严襄默了默,如实道:“我要你以国母的名义,效仿东汉衣带诏,拟一道征讨楚王的檄文。”
闻言,云徽月瞳孔骤缩,脸色血色尽褪。
从大哥口中,她已对当年的恩怨有所耳闻,那封签有无数勋贵名姓的盟书,和这封讨伐沈瑞的檄文,无异于旧戏重演。
唯一不同的是,前者铺写了世间最隐晦的腌臜欲望,而后者却是高举正义大旗。一旦这封檄文问世,不仅是将沈瑞打入众矢之的,更是又一次打杀了大哥。

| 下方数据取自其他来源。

// How a text, an ellipse or an arc is turned. Reads are total: what stands beyond the slice is 0. Definitions: specs/Turns.

#![tactic(auto)]

ghost use Rattle.std.specs.Prelude.{◌≡◌};
ghost use Rattle.words.specs.Words.{words};
ghost use Rattle.turns.specs.Turns.{turn_at, turn_numbers};

// In 2D the rotation, in 3D four longs, in their stored order. All are unsigned.
#[derive(Clone, Copy)]
pub enum Turn {
    Flat {
        rotation: u32,
    },
    Solid {
        first: u32,
        second: u32,
        third: u32,
        fourth: u32,
    },
}

// The turn that stands from place i on.
pub fn turn_at(file: &[u8], dim: usize, i: usize) -> Turn
    ensures { result ≡ turn_at dim (words file.now) i }
{
    let first = words::long(file, i) as u32;
    if dim == 2 {
        return Turn::Flat { rotation: first };
    }
    if file.len() / 2 <= i {
        return Turn::Solid {
            first: 0,
            second: 0,
            third: 0,
            fourth: 0,
        };
    }
    Turn::Solid {
        first,
        second: words::long(file, i + 2) as u32,
        third: words::long(file, i + 4) as u32,
        fourth: words::long(file, i + 6) as u32,
    }
}

// A turn as four numbers.
pub fn turn_numbers(turn: Turn) -> [i64; 4]
    ensures { result ≡ turn_numbers turn }
{
    match turn {
        Turn::Flat { rotation } => [rotation as i64, 0, 0, 0],
        Turn::Solid {
            first,
            second,
            third,
            fourth,
        } => [first as i64, second as i64, third as i64, fourth as i64],
    }
}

若是父亲前来讨要,她兴许还会有所动摇,但她绝不信母亲会为了这些衣冠禽兽,颠倒黑白,为虎作伥。
仅剩的可能就只有——这是沈瑞自己的主意。
第313章 何处望神州(8)
八月初六,宣德侯五十生辰大喜,于春盛园大摆宴席。
借着道贺的名头,朝廷公卿们终于如愿避开耳目,悄然聚在偏厅深处。
往日里争斗不休的众人,此刻竟齐齐按甲休兵,同仇敌忾,誓要铲除沈瑞这个奸佞。
然而,几番争论下来,却是无果而终。
如今顾相不在,范御史称病不朝,宁元秀死了,云之鸿也不可信,朝野上下可谓是群龙无首。
就在这时,屋外骤然响起一阵轻而急的敲门声,众人循声望去,只见雕花门上赫然耸立着一个黑影。
众人纷纷屏住呼吸,紧跟着,一个熟悉的声音从门缝里钻了进来:“是我,云之鸿。”
几人面面相觑,最终,还是与他有些交情的温殊上前,开了门:“你来干什么?”
云之鸿快步走进,接着左右观望一番。
温殊赶紧把门闭紧:“柳闻兴在外面守着呢。”
云之鸿这才放心,随后回头望向屋内,从右向左依次是刑部尚书李叔凌,吏部尚书陶修业,工部尚书史凤庆……
“哟,哥几个都在呢。”
“别说废话了。柳闻兴干什么吃的,怎能把你放进来了?”李叔凌道。
云之鸿开门见山道:“我就不跟你们卖关子了,今日我来,是带了皇后娘娘的懿旨。”
说罢,他从怀里翻出一块白缎:“拿去瞧瞧吧。”
众人推拒,不敢接下,还是李叔凌大手一挥,匆匆扫过一眼,当即脸色大变:“这…这是……”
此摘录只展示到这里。